*WHAT TO PRODUCE*
For the records below, say how many lines contain the string "impl". Give the number only.

☆ ☆ ☆ ☆ ☆

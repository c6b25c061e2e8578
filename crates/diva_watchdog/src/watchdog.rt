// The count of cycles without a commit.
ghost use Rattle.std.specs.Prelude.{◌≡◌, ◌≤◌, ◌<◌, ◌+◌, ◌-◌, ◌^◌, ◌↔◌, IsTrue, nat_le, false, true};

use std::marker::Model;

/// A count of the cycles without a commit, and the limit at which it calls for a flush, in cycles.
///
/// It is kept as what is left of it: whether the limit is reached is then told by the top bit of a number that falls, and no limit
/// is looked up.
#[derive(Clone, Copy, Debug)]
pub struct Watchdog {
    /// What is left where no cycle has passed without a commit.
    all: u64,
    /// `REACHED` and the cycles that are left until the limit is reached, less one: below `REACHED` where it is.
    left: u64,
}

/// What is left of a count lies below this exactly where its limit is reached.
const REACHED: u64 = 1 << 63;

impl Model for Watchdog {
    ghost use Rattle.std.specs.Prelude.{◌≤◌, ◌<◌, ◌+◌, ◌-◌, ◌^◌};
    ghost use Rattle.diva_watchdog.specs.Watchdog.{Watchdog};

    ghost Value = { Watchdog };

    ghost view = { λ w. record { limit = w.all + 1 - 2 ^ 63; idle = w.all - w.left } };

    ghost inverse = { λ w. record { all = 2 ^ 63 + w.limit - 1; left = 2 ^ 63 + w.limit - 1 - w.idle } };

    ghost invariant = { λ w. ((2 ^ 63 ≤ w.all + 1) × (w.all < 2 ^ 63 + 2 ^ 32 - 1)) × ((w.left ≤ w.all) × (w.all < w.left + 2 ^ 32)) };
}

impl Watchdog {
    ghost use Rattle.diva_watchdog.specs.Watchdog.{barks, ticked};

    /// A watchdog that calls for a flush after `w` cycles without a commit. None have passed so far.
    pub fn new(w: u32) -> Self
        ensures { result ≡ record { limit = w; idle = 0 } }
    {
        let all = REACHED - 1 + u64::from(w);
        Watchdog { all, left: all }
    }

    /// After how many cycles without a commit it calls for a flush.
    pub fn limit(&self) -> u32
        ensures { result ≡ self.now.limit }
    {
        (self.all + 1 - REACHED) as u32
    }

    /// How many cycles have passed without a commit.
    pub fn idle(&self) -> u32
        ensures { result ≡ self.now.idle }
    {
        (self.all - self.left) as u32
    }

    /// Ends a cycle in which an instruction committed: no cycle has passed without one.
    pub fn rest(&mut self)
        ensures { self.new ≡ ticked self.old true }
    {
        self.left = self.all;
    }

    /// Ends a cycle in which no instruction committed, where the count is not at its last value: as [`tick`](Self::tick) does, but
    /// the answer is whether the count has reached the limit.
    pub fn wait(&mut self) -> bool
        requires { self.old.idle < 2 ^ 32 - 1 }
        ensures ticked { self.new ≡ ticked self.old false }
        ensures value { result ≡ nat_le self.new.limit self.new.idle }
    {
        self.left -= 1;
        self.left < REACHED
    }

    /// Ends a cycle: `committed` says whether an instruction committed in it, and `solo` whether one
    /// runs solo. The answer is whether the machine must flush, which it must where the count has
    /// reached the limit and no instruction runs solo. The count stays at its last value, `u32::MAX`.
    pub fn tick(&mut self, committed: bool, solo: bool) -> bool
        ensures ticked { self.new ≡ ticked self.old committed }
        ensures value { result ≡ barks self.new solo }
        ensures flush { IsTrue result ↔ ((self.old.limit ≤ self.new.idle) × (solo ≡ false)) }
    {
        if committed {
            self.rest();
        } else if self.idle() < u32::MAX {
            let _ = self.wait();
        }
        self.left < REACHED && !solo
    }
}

☆ ☆ ☆ ☆ ☆

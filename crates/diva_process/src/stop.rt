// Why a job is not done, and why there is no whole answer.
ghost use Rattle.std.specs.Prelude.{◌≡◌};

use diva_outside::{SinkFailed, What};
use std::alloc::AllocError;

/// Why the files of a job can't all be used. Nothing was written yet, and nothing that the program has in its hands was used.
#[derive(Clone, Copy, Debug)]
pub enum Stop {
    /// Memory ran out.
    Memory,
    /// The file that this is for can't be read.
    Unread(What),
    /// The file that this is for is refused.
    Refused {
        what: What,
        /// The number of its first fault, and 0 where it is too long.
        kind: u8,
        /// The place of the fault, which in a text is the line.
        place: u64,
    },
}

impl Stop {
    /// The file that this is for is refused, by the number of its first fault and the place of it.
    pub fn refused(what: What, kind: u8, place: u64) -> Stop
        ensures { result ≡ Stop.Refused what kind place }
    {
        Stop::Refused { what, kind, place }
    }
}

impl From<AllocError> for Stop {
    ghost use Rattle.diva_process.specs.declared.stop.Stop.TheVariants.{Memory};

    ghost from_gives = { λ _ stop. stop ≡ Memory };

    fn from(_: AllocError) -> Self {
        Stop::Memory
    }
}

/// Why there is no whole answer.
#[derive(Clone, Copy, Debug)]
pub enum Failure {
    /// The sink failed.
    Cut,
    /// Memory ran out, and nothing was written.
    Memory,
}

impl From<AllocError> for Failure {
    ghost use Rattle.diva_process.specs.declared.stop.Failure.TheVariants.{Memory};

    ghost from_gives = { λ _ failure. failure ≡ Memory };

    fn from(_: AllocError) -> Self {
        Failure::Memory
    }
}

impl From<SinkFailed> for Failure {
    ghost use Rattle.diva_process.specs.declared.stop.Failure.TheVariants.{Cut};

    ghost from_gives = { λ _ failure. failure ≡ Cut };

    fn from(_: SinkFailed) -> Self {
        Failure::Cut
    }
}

☆ ☆ ☆ ☆ ☆

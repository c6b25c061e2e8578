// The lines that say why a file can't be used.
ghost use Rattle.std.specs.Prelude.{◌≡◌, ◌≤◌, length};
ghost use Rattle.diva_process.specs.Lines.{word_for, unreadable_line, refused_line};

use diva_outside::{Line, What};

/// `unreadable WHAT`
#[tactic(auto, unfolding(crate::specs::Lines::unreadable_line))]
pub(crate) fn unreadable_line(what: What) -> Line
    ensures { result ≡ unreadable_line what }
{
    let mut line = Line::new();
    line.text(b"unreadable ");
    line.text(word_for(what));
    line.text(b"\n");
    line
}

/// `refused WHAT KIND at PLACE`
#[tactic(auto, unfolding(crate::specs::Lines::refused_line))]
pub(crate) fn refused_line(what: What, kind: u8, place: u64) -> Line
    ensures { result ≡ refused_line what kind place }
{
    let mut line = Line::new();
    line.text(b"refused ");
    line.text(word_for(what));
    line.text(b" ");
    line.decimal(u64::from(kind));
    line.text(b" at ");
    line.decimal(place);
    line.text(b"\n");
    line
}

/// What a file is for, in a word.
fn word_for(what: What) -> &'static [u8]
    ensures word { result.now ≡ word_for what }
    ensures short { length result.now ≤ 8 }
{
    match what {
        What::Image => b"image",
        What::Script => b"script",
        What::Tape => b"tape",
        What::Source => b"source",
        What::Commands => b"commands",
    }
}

☆ ☆ ☆ ☆ ☆

*RESPONSE BOX*
6